AIM OF THE TASK - Return the lines below exactly, from the first one through the line that has "for members of". Leave out everything after it.

━━━ MATERIAL PROVIDED

//! Scenarios: what to do with a book of subscriptions, step by step, as JSON.
//!
//! # Vocabulary
//!
//! - A [`Scenario`] is a list of [`Step`]s, how many events the book may have, and when time ends. A
//!   step waits in virtual time for the moment that it names; what it does is its [`Action`], which is a
//!   [`Command`] of the book but for the one that takes a waiting step off; and it may be followed by
//!   other steps. A command goes by the names that earlier ones gave to nodes, hubs, resources and
//!   leases; a [`Site`] is where a node is opened, and a [`Sort`] is what it does.
//! - Contracts see names as their bytes (`specs/Scenario.antt`). Which JSON values are scenarios, and
//!   which scenario, is defined in `specs/Reading.antt`; [`scenario_of`] decides it.
//!
//! - [`refusal_word`] gives the word that stands for a refusal in reports, traces and answers
//!   (`specs/RefusalWords.antt`); [`nearest`] the word of a list that is nearest to a misspelt one, for what is said of it.
//!
//! # Promised, and not
//!
//! - [`scenario_of`] gives the scenario that a value is, and `Shape` where it is none, exactly; so does
//!   [`action_in`] for what one step does, and [`name_in`], [`site_in`] and [`kind_in`] for members of
//!   it. That `Memory` is given only where memory was refused is tested above.
//! - [`has_checkpoint`] says whether any of these steps makes a checkpoint, those that follow others and
//!   those that are never executed included (`specs/Checkpoints.antt`).
//! - There are the commands `using`, `open`, `hold`, `apply`, `remove`, `lease`, `return`, `next`,
//!   `end`, `abort`, `decline`, `fail`, `dispose`, `hub`, `connect`, `disconnect`, `drain`, `checkpoint`
//!   and `cancel`, at every place, for every kind of node. Anything else is `Shape`.
#![tactic(auto)]

mod checkpoints;
mod reading;
mod refusals;
mod scenario;
mod words;

pub use checkpoints::has_checkpoint;
pub use reading::{action_in, is_name, is_object_of, kind_in, name_in, scenario_of, site_in};
pub use refusals::refusal_word;
pub use scenario::{Action, Command, Scenario, Site, Sort, Step, Ticks};
pub use words::{KINDS, MODES, PLACES, is_among, members_of, nearest};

━━━━━━

TASK SOLUTION -
//! Scenarios: what to do with a book of subscriptions, step by step, as JSON.
//!
//! # Vocabulary
//!
//! - A [`Scenario`] is a list of [`Step`]s, how many events the book may have, and when time ends. A
//!   step waits in virtual time for the moment that it names; what it does is its [`Action`], which is a
//!   [`Command`] of the book but for the one that takes a waiting step off; and it may be followed by
//!   other steps. A command goes by the names that earlier ones gave to nodes, hubs, resources and
//!   leases; a [`Site`] is where a node is opened, and a [`Sort`] is what it does.
//! - Contracts see names as their bytes (`specs/Scenario.antt`). Which JSON values are scenarios, and
//!   which scenario, is defined in `specs/Reading.antt`; [`scenario_of`] decides it.
//!
//! - [`refusal_word`] gives the word that stands for a refusal in reports, traces and answers
//!   (`specs/RefusalWords.antt`); [`nearest`] the word of a list that is nearest to a misspelt one, for what is said of it.
//!
//! # Promised, and not
//!
//! - [`scenario_of`] gives the scenario that a value is, and `Shape` where it is none, exactly; so does
//!   [`action_in`] for what one step does, and [`name_in`], [`site_in`] and [`kind_in`] for members of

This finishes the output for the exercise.